Dhuraivel Gunasekaran For investors with moderate to high risk appetite, the initial public offering of Metropolis Healthcare, one of the leading diagnostics companies in India, is a good long-term play. While the asking price of the issue is not cheap and may cap the near-term upside in the stock, the company’s strong presence, comprehensive product suite of clinical laboratory tests and profiles, focus on asset-light third-party model for expanding its geographical reach, and large potential for growth in the Indian diagnostics industry — are key long-term drivers of growth.

The company’s healthy track record of revenue and earnings growth also lends comfort to its valuation. Between FY16 and FY18, the consolidated revenue of the company grew ₹644 crore from ₹476 crore, representing a CAGR of 16 per cent, while net profit grew to ₹110 crore from ₹82 crore during the period, implying a 17 per cent CAGR. The company also enjoys healthy operating profit margin — 26-28 per cent in the last three years.

Metropolis’ strong earnings profile is also a positive. The company’s return-on-equity (ROE) stood at 24.7 per cent in FY18 and 18.3 per cent (not annualised) in the nine months ended December 2018; its listed peers Dr Lal PathLabs and Thyrocare Technologies enjoy 24.6 and 21.9 per cent ROE, respectively. Metropolis’ debt-free balance sheet and healthy cash flows provide scope for inorganic expansions.

The current IPO is an offer-for-sale that seeks to raise ₹1,200-1,204 crore. At the upper end of the price band (₹877-880), the stock would trade at 42.7 times its FY18 per share earnings and 38.4 times its annualised earnings for the nine-month ended FY19. Dr.
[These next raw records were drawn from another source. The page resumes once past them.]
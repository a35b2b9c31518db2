ghost use Rattle.std.specs.Prelude.{◌≡◌, ℕ, ◌*◌, ◌≤◌, List, drop, length, IfOk};
ghost use Rattle.nc_bytes.specs.Bytes.{padded};
ghost use Rattle.nc_gf256.specs.Width.{native_count};
ghost use Rattle.nc_native.specs.Native.{chunk_size, natives_of, native_len, AllLong};

use crate::Natives;
use nc_name::{Blob, Memory};
use std::alloc::Global;

/// The bytes of each chunk of a file of `len` bytes: a native is one part of `2 * (width - 2)`, rounded up.
pub fn chunk_size(len: u64, width: u8) -> u64
    requires wide { 4 ≤ width }
    requires narrow { width ≤ 10 }
    ensures { result ≡ chunk_size len width }
{
    len.div_ceil(2 * (u64::from(width) - 2))
}

/// Cuts a file into its `2 * (width - 2)` natives, all of one length. Zeros fill up the last ones.
pub fn cut(alloc: Global, bytes: &[u8], width: u8) -> Result<Natives, Memory>
    requires wide { 4 ≤ width }
    requires narrow { width ≤ 10 }
    ensures value { IfOk result (λ natives. natives ≡ natives_of bytes.now width) }
    ensures count { IfOk result (λ natives. length natives ≡ native_count width) }
    ensures long { IfOk result (λ natives. AllLong (native_len natives) natives) }
{
    cut_from(alloc, bytes, width, 0)
}

/// The natives of a file from this one on.
pub fn cut_from(alloc: Global, bytes: &[u8], width: u8, first: usize) -> Result<Natives, Memory>
    requires wide { 4 ≤ width }
    requires narrow { width ≤ 10 }
    requires few { first ≤ native_count width }
    requires fits { first * chunk_size (length bytes.now) width ≤ length bytes.now }
    ensures { IfOk result (λ natives. natives ≡ drop first (natives_of bytes.now width)) }
{
    let size = chunk_size(bytes.len() as u64, width) as usize;
    let mut natives = Natives::new(alloc);
    let (_, mut rest) = bytes.split_at(first * size);
    for _i in first..2 * (usize::from(width) - 2) {
        let (front, back) = rest.split_at(size.min(rest.len()));
        natives.push(filled_up(alloc, front, size)?)?;
        rest = back;
    }
    Ok(natives)
}

/// The bytes, and zeros up to `size` bytes.
fn filled_up(alloc: Global, front: &[u8], size: usize) -> Result<Blob, Memory>
    requires { length front.now ≤ size }
    ensures { IfOk result (λ blob. blob ≡ padded size front.now) }
{
    let Ok(mut bytes) = Vec::with_capacity(alloc, size) else {
        return Err(Memory);
    };
    if bytes.extend_from_slice(front).is_err() || bytes.resize(size, 0).is_err() {
        return Err(Memory);
    }
    Ok(Blob::from_vec(bytes))
}
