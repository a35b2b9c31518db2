ghost use Rattle.std.specs.Prelude.{◌≡◌, ◌*◌, ◌≤◌, length, take, IfOk};
ghost use Rattle.nc_gf256.specs.Width.{native_count};
ghost use Rattle.nc_native.specs.Native.{chunk_size, lent, natives_of, tail_of, whole_count};

use crate::Natives;
use crate::cutting::{chunk_size, cut_from};
use nc_name::Memory;
use std::alloc::Global;

/// The natives of a file that it doesn't fill. Only these need memory of their own: the others lie in the file.
pub fn tail_of(alloc: Global, bytes: &[u8], width: u8) -> Result<Natives, Memory>
    requires wide { 4 ≤ width }
    requires narrow { width ≤ 10 }
    ensures { IfOk result (λ tail. tail ≡ tail_of bytes.now width) }
{
    let whole = whole_count(bytes.len() as u64, width) as usize;
    cut_from(alloc, bytes, width, whole)
}

/// All natives of a file, where they stand in it and in its tail.
pub fn lend_natives<'a>(
    alloc: Global,
    bytes: &'a [u8],
    width: u8,
    tail: &'a Natives,
) -> Result<Vec<&'a [u8]>, Memory>
    requires wide { 4 ≤ width }
    requires narrow { width ≤ 10 }
    requires tail { tail.now ≡ tail_of bytes.now width }
    ensures { IfOk result (λ list. lent list.items ≡ natives_of bytes.now width) }
{
    let mut list = lend_whole(alloc, bytes, width)?;
    for native in tail.items() {
        if list.push(native.bytes()).is_err() {
            return Err(Memory);
        }
    }
    Ok(list)
}

/// The natives that lie wholly in a file.
fn lend_whole(alloc: Global, bytes: &[u8], width: u8) -> Result<Vec<&[u8]>, Memory>
    requires wide { 4 ≤ width }
    requires narrow { width ≤ 10 }
    ensures { IfOk result
        (λ list. lent list.items
        ≡ take (whole_count (length bytes.now) width) (natives_of bytes.now width)) }
{
    let size = chunk_size(bytes.len() as u64, width) as usize;
    let mut list = Vec::new(alloc);
    let mut rest = bytes;
    for _i in 0..whole_count(bytes.len() as u64, width) as usize {
        let (front, back) = rest.split_at(size);
        if list.push(front).is_err() {
            return Err(Memory);
        }
        rest = back;
    }
    Ok(list)
}

/// How many natives lie wholly in a file of `len` bytes.
fn whole_count(len: u64, width: u8) -> u64
    requires wide { 4 ≤ width }
    requires narrow { width ≤ 10 }
    ensures count { result ≡ whole_count len width }
    ensures few { result ≤ native_count width }
    ensures fits { result * chunk_size len width ≤ len }
{
    len / chunk_size(len, width).max(1)
}
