//! The bytes that a scene names.

use crate::running::spelled;
use std::alloc::Global;
use std::test::Fail;

/// What follows the generation in the payload of the metadata of "abcdefgh" by the striped code: its length, the rows of
/// the code, the slots, the SHA-256 of each chunk by the program sha256sum, and no witnesses. bench/plain.py makes the same.
const STRIPED: &str =
    "0000000000000008010000000001000000000100000000010100010000010001010002000001000200000000fb8e20fc2e4c3f248c60c39bd652f3c1347298bb977b8b4d5903b8505562060321e721c35a5823fdb452fa2f9f0a612c74fb952e06927489c6b27a43b817bed44ca669ac3713d1f4aea07dae8dcc0d1c9867d27ea82a3ba4e6158a42206f959bfb2b7fce0940161406a6aa3e4d8b4aa6104014774ffa665743f8d9704f0eb0ecb4cc09a903fa62a167ff8ad0e48085c54509806d3d259a89c43d2d3d16da6eb08f70197b722fb84a9fc811720295e1e3cb351833852d4db6606694e14128779ab574cdfb10c65977ed3b7e2176b8269fd89b4a17c2ea39d0538019661bac5ecbbd67b1b81bb0e972ecd5e4ef08a340a93f57494f0feb1fc93991454fd52f931300";

/// The same with zeros for the rows of the code.
const UNSOUND: &str =
    "0000000000000008000000000000000000000000000000000000000000000000000000000000000000000000fb8e20fc2e4c3f248c60c39bd652f3c1347298bb977b8b4d5903b8505562060321e721c35a5823fdb452fa2f9f0a612c74fb952e06927489c6b27a43b817bed44ca669ac3713d1f4aea07dae8dcc0d1c9867d27ea82a3ba4e6158a42206f959bfb2b7fce0940161406a6aa3e4d8b4aa6104014774ffa665743f8d9704f0eb0ecb4cc09a903fa62a167ff8ad0e48085c54509806d3d259a89c43d2d3d16da6eb08f70197b722fb84a9fc811720295e1e3cb351833852d4db6606694e14128779ab574cdfb10c65977ed3b7e2176b8269fd89b4a17c2ea39d0538019661bac5ecbbd67b1b81bb0e972ecd5e4ef08a340a93f57494f0feb1fc93991454fd52f931300";

/// The bytes of these pieces, one after the other.
pub fn bytes_of(alloc: Global, pieces: &[&str]) -> Result<Vec<u8>, Fail> {
    let mut bytes = Vec::new(alloc);
    for piece in pieces {
        bytes.extend_from_slice(piece_bytes(alloc, piece)?.as_slice())?;
    }
    Ok(bytes)
}

/// The bytes of one piece.
pub fn piece_bytes(alloc: Global, piece: &str) -> Result<Vec<u8>, Fail> {
    match piece.split_once(':') {
        Some((kind, number)) => numbered(alloc, kind, number),
        None => literal(alloc, piece),
    }
}

/// A text in quotes, or hexadecimal digits.
fn literal(alloc: Global, piece: &str) -> Result<Vec<u8>, Fail> {
    match piece.strip_prefix('"') {
        Some(text) => { Ok(spelled(alloc, text.trim_end_matches('"'))?.into_bytes()) }
        None => Ok(hex::decode(alloc, piece)?),
    }
}

fn numbered(alloc: Global, kind: &str, number: &str) -> Result<Vec<u8>, Fail> {
    let number: u64 = number.parse()?;
    match kind {
        "zeros" => zeros(alloc, number),
        "mixed" => mixed(alloc, number),
        "live" => meta(alloc, 1, number, STRIPED),
        "unsound" => meta(alloc, 1, number, UNSOUND),
        "gone" => meta(alloc, 0, number, ""),
        "generation" => Ok(format!(in alloc; "generation {number}\n")?.into_bytes()),
        _ => Err(Fail::new("no such bytes")),
    }
}

fn zeros(alloc: Global, len: u64) -> Result<Vec<u8>, Fail> {
    let mut bytes = Vec::new(alloc);
    bytes.resize(usize::try_from(len)?, 0)?;
    Ok(bytes)
}

/// The upper bytes of a linear congruence.
fn mixed(alloc: Global, len: u64) -> Result<Vec<u8>, Fail> {
    let mut bytes = Vec::new(alloc);
    let mut state = 1_u32;
    for _ in 0..len {
        state = state.wrapping_mul(1_664_525).wrapping_add(1_013_904_223);
        bytes.push(state.to_be_bytes()[0])?;
    }
    Ok(bytes)
}

/// The payload of metadata: live or not, of this generation, and so on.
fn meta(alloc: Global, live: u8, generation: u64, rest: &str) -> Result<Vec<u8>, Fail> {
    let digits = format!(in alloc; "4e434d31{live:02x}{generation:016x}{rest}")?;
    Ok(hex::decode(alloc, digits.as_str())?)
}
Lal PathLabs currently trades at 45.2 times its FY18 earnings, while Thyrocare trades at 30 times.

Given Metropolis’ somewhat pricey valuation, investors should temper their expectations on listing gains. Also, the company operates in an industry that is highly competitive and fragmented. Pricing pressure and risks from change in government policies, if any, are other factors that investors need to watch out for.

Good prospects

Metropolis has presence across 19 States in India with leadership position in the west and south. It offers around 3,487 clinical laboratory tests and 530 profiles, for prediction, early detection, diagnostic screening, confirmation and monitoring of disease.

The business, though highly competitive, has immense potential in India for organised players such as Metropolis in the long run.
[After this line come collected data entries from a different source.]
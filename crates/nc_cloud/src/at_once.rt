ghost use Rattle.std.specs.Prelude.{All};
ghost use Rattle.std.specs.Thread.{IsSync};
ghost use Rattle.nc_frame.specs.Frames.{Whole};
ghost use Rattle.nc_cloud.specs.Seats.{ask_at, erase_at, job_at, AllServed, DidErase, DidGet, DidPut, Serves};

use crate::cloud::Cloud;
use crate::fleet::{Ask, Erase, Job};
use crate::seats::Seat;
use std::thread::Threads;

/// A cloud that serves a round beside others of its kind, all at the same time. What begins threads for values of some type has to
/// know the type: so each kind of cloud has these three functions, and each is a call of the one in this crate that serves any.
pub trait AtOnce: Cloud + Drop {
    /// Each cloud serves its ask: `get_at_once`.
    fn get_all<R: Threads + Sync>(rt: &R, seats: &mut [Seat<Self>], asks: &[Ask])
        requires shared { IsSync R.row }
        ensures { AllServed (λ c. Serves (DidGet Self.Cloud) (ask_at asks.now c)) seats.old seats.new };

    /// Each cloud does its job: `put_at_once`.
    fn put_all<R: Threads + Sync>(rt: &R, seats: &mut [Seat<Self>], jobs: &[Job])
        requires shared { IsSync R.row }
        requires whole { All (λ j. Whole j.bytes) jobs.now }
        ensures { AllServed (λ c. Serves (DidPut Self.Cloud) (job_at jobs.now c)) seats.old seats.new };

    /// Each cloud does its delete: `delete_at_once`.
    fn delete_all<R: Threads + Sync>(rt: &R, seats: &mut [Seat<Self>], erases: &[Erase])
        requires shared { IsSync R.row }
        ensures { AllServed (λ c. Serves (DidErase Self.Cloud) (erase_at erases.now c)) seats.old seats.new };
}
During the nine-month period ended December 31, 2018, Metropolis conducted around 12.3 million tests (from about 6.6 million patient visits).

Its strong brand equity and ability to offer comprehensive and critical diagnostic tests have led to better realisation per tests. Between FY16 and FY18, the revenue per patient has grown by 10 per cent CAGR to ₹836 from ₹698. The revenue per test also showed a decent growth to ₹455 from ₹355 — a 7 per cent CAGR during this period. Metropolis has expanded its operations across India significantly in the last three years by increasing its network to 197 cities in FY18 from 76 cities in FY16.

Economies of scale

According to Frost & Sullivan, the overall growth in the Indian diagnostics market is expected to be led by eight major cities which have the highest GDP (on purchasing power parity basis) in India. Metropolis has a significant presence in five of these cities (63 per cent of revenues as of FY18), namely Mumbai, Chennai, Surat, Pune and Bengaluru. Similar to other diagnostic chains, Metropolis has implemented the ‘hub and spoke’ model, which provides greater economies of scale and enhances consistency of the testing procedures.
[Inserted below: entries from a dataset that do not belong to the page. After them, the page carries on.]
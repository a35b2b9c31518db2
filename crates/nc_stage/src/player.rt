//! Plays scenes over clouds in memory, and tells the first line that ends otherwise than it must.

use crate::checks::{check_number, check_same, check_unread};
use crate::clouds::{NONE, all_clouds, arranged, count, image_of, keys};
use crate::ending::{End, check_end, end_of};
use crate::running::{Setup, spelled};
use crate::value::bytes_of;
use nc_memory::{MemFleet, Torn};
use nc_name::Key;
use std::alloc::Global;
use std::mem;
use std::test::Fail;
use std::thread::Threads;

/// The ways in which an entry fails, in the order of the numbers after `leaving`.
pub static FATES: [Torn; 4] = [Torn::Old, Torn::New, Torn::Gone, Torn::Broken];

/// Where a scene stands.
#[derive(Drop)]
pub struct Stage {
    pub alloc: Global,
    pub keys: Vec<Key>,
    pub clouds: MemFleet,
    /// The clouds before the last run.
    pub before: MemFleet,
    pub next: Setup,
    /// An entry of the next run that fails, and what it leaves.
    pub failing: (u64, Torn),
    /// The lines of a batch that has no other input.
    lines: Vec<u8>,
    /// Whether more lines are added to these. Else the next one is the first.
    adding: bool,
}

/// Plays these scenes.
pub fn play<R: Threads + Sync + AllocGlobal + Eprint>(rt: &R, scenes: &str) -> Result<(), Fail> {
    let mut stage = Stage::new(rt.alloc(), 0)?;
    let mut number = 0_u32;
    for line in scenes.lines() {
        number = number.saturating_add(1);
        if let Err(fail) = stage.perform(rt, line.trim()) {
            let _ = eprintln!(rt; "line {number}: {line}");
            return Err(fail);
        }
    }
    Ok(())
}

impl Stage {
    pub fn new(alloc: Global, width: usize) -> Result<Stage, Fail> {
        Ok(Stage {
            alloc,
            keys: keys(alloc)?,
            clouds: MemFleet::new(alloc, width)?,
            before: MemFleet::new(alloc, width)?,
            next: Setup::new(Vec::new(alloc)),
            failing: (0, Torn::Old),
            lines: Vec::new(alloc),
            adding: false,
        })
    }

    fn perform<R: Threads + Sync + AllocGlobal>(&mut self, rt: &R, line: &str) -> Result<(), Fail> {
        if line.starts_with('#') {
            return Ok(());
        }
        if let Some(text) = line.strip_prefix('|') {
            return self.add_line(text.trim_start());
        }
        self.adding = false;
        match line.split_once(" -> ") {
            Some((run, end)) => self.perform_run(rt, run, &end_of(end)),
            None => match line.split_once(": ") {
                Some((how, words)) => self.stop(rt, how, words),
                None => self.step(line),
            },
        }
    }

    /// Does a line without a run.
    fn step(&mut self, line: &str) -> Result<(), Fail> {
        let words: Vec<&str> = line.split_whitespace().collect(self.alloc)?;
        if words.is_empty()
            || self.prepare(&words)?
            || self.change(&words)?
            || self.stands(&words)?
        {
            return Ok(());
        }
        Err(Fail::new("no such line"))
    }

    /// Adds a line to the batches that follow.
    fn add_line(&mut self, text: &str) -> Result<(), Fail> {
        if !self.adding {
            self.lines = Vec::new(self.alloc);
            self.adding = true;
        }
        let text = spelled(self.alloc, text)?;
        self.lines.extend_from_slice(text.as_bytes())?;
        self.lines.push(b'\n')?;
        Ok(())
    }

    fn perform_run<R: Threads + Sync + AllocGlobal>(
        &mut self,
        rt: &R,
        run: &str,
        end: &End<'_>,
    ) -> Result<(), Fail> {
        let (how, words) = match run.split_once(": ") {
            Some(parts) => parts,
            None => ("", run),
        };
        if how.contains(" stops ") || how.contains(" bears ") {
            return self.perform_interrupted(rt, how, words, end);
        }
        let words = self.take_input(words)?;
        let how: Vec<&str> = how.split_whitespace().collect(self.alloc)?;
        match *how {
            [] => self.run(rt, words, end),
            ["without", "two"] => self.run_without_two(rt, words, end),
            ["refused"] => self.run_refused(rt, words, end),
            ["failing", ..] => self.run_failing(rt, &how, words, end),
            _ => Err(Fail::new("no such run")),
        }
    }

    /// Sets the input that stands after the words, or the lines of a batch, and answers the words.
    fn take_input<'a>(&mut self, words: &'a str) -> Result<&'a str, Fail> {
        match words.split_once(" < ") {
            Some((words, input)) => {
                let pieces: Vec<&str> = input.split_whitespace().collect(self.alloc)?;
                self.next.input = bytes_of(self.alloc, &pieces)?;
                Ok(words)
            }
            None => {
                self.next.input = self.lines_for(words)?;
                Ok(words)
            }
        }
    }

    /// The input of these words, where none stands after them: of a batch the lines before it.
    fn lines_for(&self, words: &str) -> Result<Vec<u8>, Fail> {
        if words.ends_with("batch") {
            Ok(self.lines.clone()?)
        } else {
            Ok(Vec::new(self.alloc))
        }
    }

    /// How words are run that come with no more.
    pub fn setup_of(&self, words: &str) -> Result<Setup, Fail> {
        Ok(Setup::new(self.lines_for(words)?))
    }

    /// The same clouds, of which none has been asked yet.
    pub fn copy(&self) -> Result<MemFleet, Fail> {
        let order = all_clouds(self.alloc, &self.clouds)?;
        arranged(self.alloc, &self.clouds, &self.keys, order.as_slice())
    }

    /// The setup of this run. The next one has nothing that was set.
    fn take_next(&mut self) -> Setup {
        mem::replace(&mut self.next, Setup::new(Vec::new(self.alloc)))
    }

    fn run<R: Threads + Sync + AllocGlobal>(
        &mut self,
        rt: &R,
        words: &str,
        end: &End<'_>,
    ) -> Result<(), Fail> {
        let setup = self.take_next();
        let mut clouds = self.copy()?;
        let (entry, fate) = self.failing;
        clouds.refuse(entry, fate)?;
        self.failing = (0, Torn::Old);
        let outcome = setup.run(rt, &mut clouds, words)?;
        self.before = mem::replace(&mut self.clouds, clouds);
        check_end(self.alloc, &outcome, end)
    }

    fn run_without_two<R: Threads + Sync + AllocGlobal>(
        &mut self,
        rt: &R,
        words: &str,
        end: &End<'_>,
    ) -> Result<(), Fail> {
        let setup = self.take_next();
        for a in 0..self.width() {
            for b in 0..a {
                let mut rest = self.without(a, b)?;
                let outcome = setup.run(rt, &mut rest, words)?;
                check_end(self.alloc, &outcome, end)?;
            }
        }
        Ok(())
    }

    /// The clouds without the objects of two.
    pub fn without(&self, a: u8, b: u8) -> Result<MemFleet, Fail> {
        let mut order = Vec::new(self.alloc);
        for cloud in 0..self.width() {
            order.push(if cloud == a || cloud == b {
                NONE
            } else {
                cloud
            })?;
        }
        arranged(self.alloc, &self.clouds, &self.keys, order.as_slice())
    }

    /// Runs words whose entries of these numbers fail, in each of the ways.
    fn run_failing<R: Threads + Sync + AllocGlobal>(
        &mut self,
        rt: &R,
        how: &[&str],
        words: &str,
        end: &End<'_>,
    ) -> Result<(), Fail> {
        let setup = self.take_next();
        for (fate, objects) in FATES.iter().zip(end.leaving.split(' ')) {
            let mut clouds = self.copy()?;
            for entry in how {
                if *entry != "failing" {
                    clouds.refuse(entry.parse()?, *fate)?;
                }
            }
            let outcome = setup.run(rt, &mut clouds, words)?;
            check_end(self.alloc, &outcome, end)?;
            check_number(count(&clouds, &self.keys), objects)?;
        }
        Ok(())
    }

    fn run_refused<R: Threads + Sync + AllocGlobal>(
        &self,
        rt: &R,
        words: &str,
        end: &End<'_>,
    ) -> Result<(), Fail> {
        let words = words.trim_start_matches('[').trim_end_matches(']');
        let setup = Setup::new(bytes_of(self.alloc, &["\"abc\""])?);
        let mut clouds = self.copy()?;
        let mut outcome = setup.run(rt, &mut clouds, words)?;
        check_end(self.alloc, &outcome, end)?;
        check_unread(&mut outcome.input)?;
        check_same(&self.clouds, &clouds, &self.keys)
    }

    /// Runs words that stop in a round.
    fn stop<R: Threads + Sync + AllocGlobal>(
        &mut self,
        rt: &R,
        how: &str,
        words: &str,
    ) -> Result<(), Fail> {
        let (round, fates) = match how.split_once(" leaving ") {
            Some(parts) => parts,
            None => return Err(Fail::new("no such stop")),
        };
        let round: u64 = round.trim_start_matches("stopped in round ").parse()?;
        let words = self.take_input(words)?;
        let setup = self.take_next();
        let mut clouds = self.copy()?;
        setup.run(rt, &mut clouds, words)?;
        let fates = fates_of(self.alloc, fates)?;
        let image = image_of(&clouds, round, fates.as_slice())?;
        self.before = mem::replace(&mut self.clouds, image);
        Ok(())
    }
}

/// The fates of a round's entries.
pub fn fates_of(alloc: Global, texts: &str) -> Result<Vec<Torn>, Fail> {
    let mut fates = Vec::new(alloc);
    for text in texts.split(' ') {
        fates.push(fate_of(text)?)?;
    }
    Ok(fates)
}

/// What becomes of an object.
pub fn fate_of(text: &str) -> Result<Torn, Fail> {
    match text {
        "old" => Ok(Torn::Old),
        "new" => Ok(Torn::New),
        "gone" => Ok(Torn::Gone),
        "broken" => Ok(Torn::Broken),
        _ => Err(Fail::new("no such fate")),
    }
}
The company has implemented an asset-light model for growing its service network. In order to cater to individual patients, the company has expanded its third-party network (patient service centres — PSCs) to 1,375 from 117 over the last three years. Metropolis plans to use the third-party PSC model for expanding its geographical reach, which will help it achieve its target of drawing 60 per cent of its revenues from individual patients (currently at 48 per cent).

The company has a strong track record of acquiring established local chains and successfully integrating these businesses to grow its portfolio and service network.